Yes must admit it's Evan crossed my mind to check, but then I thought can't be bothered , just go back to uk and claim, refugee status .
Bay


----------



## aykalam (Apr 12, 2010)

MaidenScotland said:


> Where did the money come from in the first place?
> I remember the library opening but I can't recall what country footed the bill.


I think the building itself was mainly funded by Gulf countries. The controversy then was to do with the lack of funds for books after it had opened: 

"Due to the lack of available funds, the library had only 500,000 books in 2002, low compared to other national libraries. It has been estimated that it will take 80 years to fill the library to capacity at the current level of funding. The library relies heavily on donations to buy books for its collections"
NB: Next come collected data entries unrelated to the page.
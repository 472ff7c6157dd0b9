// Paths over a small document: `r` has `a` twice and `b`; the first `a` has `x` twice, the second once. The names are r, a, x and b.
ghost use Rattle.std.specs.Prelude.{◌≡◌, IfOk, length};

use crate::*;
use dfdl_expressions::StepList;
use dfdl_terms::RowId;
use std::alloc::{AllocError, Global};
use std::test::Fail;

fn names(alloc: Global) -> Result<NameNumbers, AllocError> {
    let numbers = vec![in alloc; Some(0), Some(1), Some(2), Some(3)]?;
    Ok(NameNumbers::from_vec(numbers))
}

fn node(element: u32, parent: u32, content: Content) -> Node {
    Node {
        element: RowId::new(element),
        parent,
        content,
        lengths: None,
    }
}

fn path(alloc: Global, absolute: bool, steps: &[Step]) -> Result<Path, AllocError> {
    Ok(Path {
        absolute,
        steps: StepList::from_vec(Vec::from_slice(alloc, steps)?),
    })
}

fn down(name: u32) -> Step {
    Step::Down {
        name,
        indexed: false,
    }
}

fn nth(name: u32) -> Step {
    Step::Down {
        name,
        indexed: true,
    }
}

// A document of seven elements.
fn nodes(alloc: Global) -> Result<Vec<Node>, AllocError>
    ensures { IfOk result (λ nodes. length nodes.items ≡ 7) }
{
    let nodes = vec![in alloc;
        node(0, 0, Content::Complex),
        node(1, 0, Content::Complex),
        node(2, 1, Content::Unsigned(7)),
        node(2, 1, Content::Nil),
        node(1, 0, Content::Complex),
        node(2, 4, Content::Unsigned(9)),
        node(3, 0, Content::Begun),
    ]?;
    Ok(nodes)
}

fn only(alloc: Global, start: Start, steps: &[Step], indexes: &[u64]) -> Result<Found, AllocError> {
    let names = names(alloc)?;
    let nodes = nodes(alloc)?;
    let path = path(alloc, false, steps)?;
    Ok(only_item(&names, &nodes, start, &path, indexes))
}

fn count(
    alloc: Global,
    absolute: bool,
    steps: &[Step],
    indexes: &[u64],
) -> Result<u64, AllocError> {
    let names = names(alloc)?;
    let nodes = nodes(alloc)?;
    let path = path(alloc, absolute, steps)?;
    Ok(count_items(&names, &nodes, Start::At(6), &path, indexes))
}

#[test]
fn items_are_counted(rt: HostRuntime) -> Result<(), Fail> {
    let alloc = rt.alloc();
    assert_eq!(rt; count(alloc, true, &[down(0), down(1), down(2)], &[])?, 3);
    assert_eq!(rt; count(alloc, false, &[Step::Up, down(1), nth(2)], &[1])?, 2);
    Ok(())
}

#[test]
fn indexes_count_from_one(rt: HostRuntime) -> Result<(), Fail> {
    let alloc = rt.alloc();
    let steps = [Step::Up, nth(1), down(2)];
    assert_eq!(rt; only(alloc, Start::At(6), &steps, &[2])?, Found::One(5));
    assert_eq!(rt; only(alloc, Start::At(6), &steps, &[3])?, Found::None);
    assert_eq!(rt; only(alloc, Start::At(6), &steps, &[0])?, Found::None);
    Ok(())
}

#[test]
fn groups_stand_inside(rt: HostRuntime) -> Result<(), Fail> {
    let alloc = rt.alloc();
    assert_eq!(rt;
        only(alloc, Start::At(1), &[Step::Here], &[])?,
        Found::One(1)
    );
    assert_eq!(rt;
        only(alloc, Start::Inside(1), &[Step::Here], &[])?,
        Found::None
    );
    assert_eq!(rt;
        only(alloc, Start::Inside(1), &[Step::Up], &[])?,
        Found::One(1)
    );
    assert_eq!(rt; only(alloc, Start::At(0), &[Step::Up], &[])?, Found::None);
    assert_eq!(rt;
        only(alloc, Start::At(0), &[down(1), Step::Up], &[])?,
        Found::One(0)
    );
    Ok(())
}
Now, how many books would LE147 Million buy? let's suppose an average of LE200 per item, you could get 735,000 books to stock the collection :nerd:


----------



## Eco-Mariner (Jan 26, 2011)

bat said:


> What , somehow they overlooked le147 million nobody called them to say anything,
> Bit hard to swallow, compared to the " billions" that's small change!
> Bat


It wasn't overlooked... A body of property investors brought it to their attention as funds were going missing from resort developments.

This account is what is commonly called "a slush fund"


Alan.


----------